# Correlation of beta coefficients from linear regression [duplicate]

Suppose that I have a linear regression: $$y = \beta_{0} + \beta_{1}x_{1} + \beta_{2}x_{2} + \epsilon$$

I would like to demonstrate that one regression coefficients is significantly greater than the other:
$$H_{0} = \beta_{1} > \beta_{2}$$ or $$H_{0} = \beta_{1} - \beta_{2} > 0$$.

Therefore, I would conduct a t-test:

$$t = \mu_{d} / \sigma_{d}$$
with $$\mu_{d} = \beta_{1} - \beta_{2}$$ and $$\sigma_{d} = \sqrt{\sigma_{\beta_{1}}^2 + \sigma_{\beta_{2}}^2 - Cov(\beta_{1}, \beta_{2})}$$

and $$Cov (\beta_{1}, \beta_{2}) = \sigma_{\beta_{1}} * \sigma_{\beta_{2}} * \rho_{\beta_{1}, \beta_{2}}$$

As $$\beta_{1}$$, $$\beta_{2}$$, $$\sigma_{\beta_{1}}$$ and $$\sigma_{\beta_{2}}$$ are known from the regression results, the only mising part is the correlation of $$\beta_{1}$$ and $$\beta_{2}$$. However, I don't know how this can be computed and would be really thankful for any help!
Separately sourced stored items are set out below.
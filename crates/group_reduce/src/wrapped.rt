//! Lists whose items are wrapped one by one.
ghost use Rattle.std.specs.Prelude.{◌≡◌, ◌≤◌, ◌<◌, ℕ, List, [], length, vec_len, vec_capacity, slice_get, slice_index_or, IfOk, IfErr, IsSomeAnd};
ghost use Rattle.std.specs.List.{All, AllZip};
ghost use Rattle.group_parts.specs.Parts.{dealt, AreSizes};
ghost use Rattle.reduce_states.specs.States.{State};
ghost use Rattle.reduce_states.specs.Reductions.{Stays};

use crate::grouped::{GroupedReduction, Stated};
use col_core::IdxSize;
use std::alloc::Global;

/// Each part is wrapped and put at the end of `out`, which is empty and has the room.
pub fn wrap_all<S: Drop, T, F: Fn(S) -> T + Drop>(mut out: Vec<T>, parts: Vec<S>, wrap: F) -> Vec<T>
    requires empty { out.items ≡ [] }
    requires room { vec_len parts ≤ vec_capacity out }
    requires can { All (λ s. F.pre wrap s) parts.items }
    ensures { AllZip (λ s t. F.post wrap s t) parts.items result.items }
{
    let count = parts.len();
    let mut left = parts.into_iter();
    for _i in 0..count {
        match left.next() {
            Some(part) => out.push_reserved(wrap(part)),
            None => unreachable!(),
        }
    }
    out
}

/// `partition` of `inner`, with `wrap` round each part: what an enum over reductions hands the call
/// on by. `wrap` keeps what contracts see.
pub fn parts_in<S: GroupedReduction, T: Stated + Drop, F: Fn(S) -> T + Drop>(
    alloc: Global,
    inner: S,
    partition_sizes: &[IdxSize],
    partition_idxs: &[IdxSize],
    wrap: F,
) -> Result<Vec<T>, T>
    requires can { (s : S) → F.pre wrap s }
    requires shapes { (s : S) (t : T) → F.post wrap s t → T.shape t ≡ S.shape s }
    requires holds { (s : S) (t : T) (xs : List State) → F.post wrap s t → S.holds s xs → T.holds t xs }
    requires lengths { length partition_idxs.now ≡ (S.shape inner).groups }
    requires sizes { AreSizes partition_sizes.now partition_idxs.now }
    ensures parts { IfOk result (λ v. vec_len v ≡ length partition_sizes.now) }
    ensures shapes { IfOk result (λ v. (p : ℕ) → p < length partition_sizes.now
        → IsSomeAnd (slice_get v.items p) (λ r. T.shape r ≡ record (S.shape inner) { groups = slice_index_or partition_sizes.now p 0 })) }
    ensures ok { IfOk result (λ v. (xs : List State) → S.holds inner xs → (p : ℕ) → p < length partition_sizes.now
        → IsSomeAnd (slice_get v.items p) (λ r. T.holds r (dealt p partition_idxs.now xs))) }
    ensures err { IfErr result (λ back. (T.shape back ≡ S.shape inner) × Stays (S.holds inner) (T.holds back)) }
{
    let mut out = Vec::new(alloc);
    if out.reserve(partition_sizes.len()).is_err() {
        return Err(wrap(inner));
    }
    match inner.partition(alloc, partition_sizes, partition_idxs) {
        Ok(parts) => Ok(wrap_all(out, parts, wrap)),
        Err(back) => Err(wrap(back)),
    }
}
• Hi: You can calculate the covariance matrix $\Sigma = \sigma^2 (X^{\prime}X)^{-1}$. The correlation is then the square root of the element in the second row and the third column. Jun 16 '20 at 9:23
• Thank you very much!
– Emil
Jun 18 '20 at 4:01
• no problem. glad to help. Jun 19 '20 at 2:22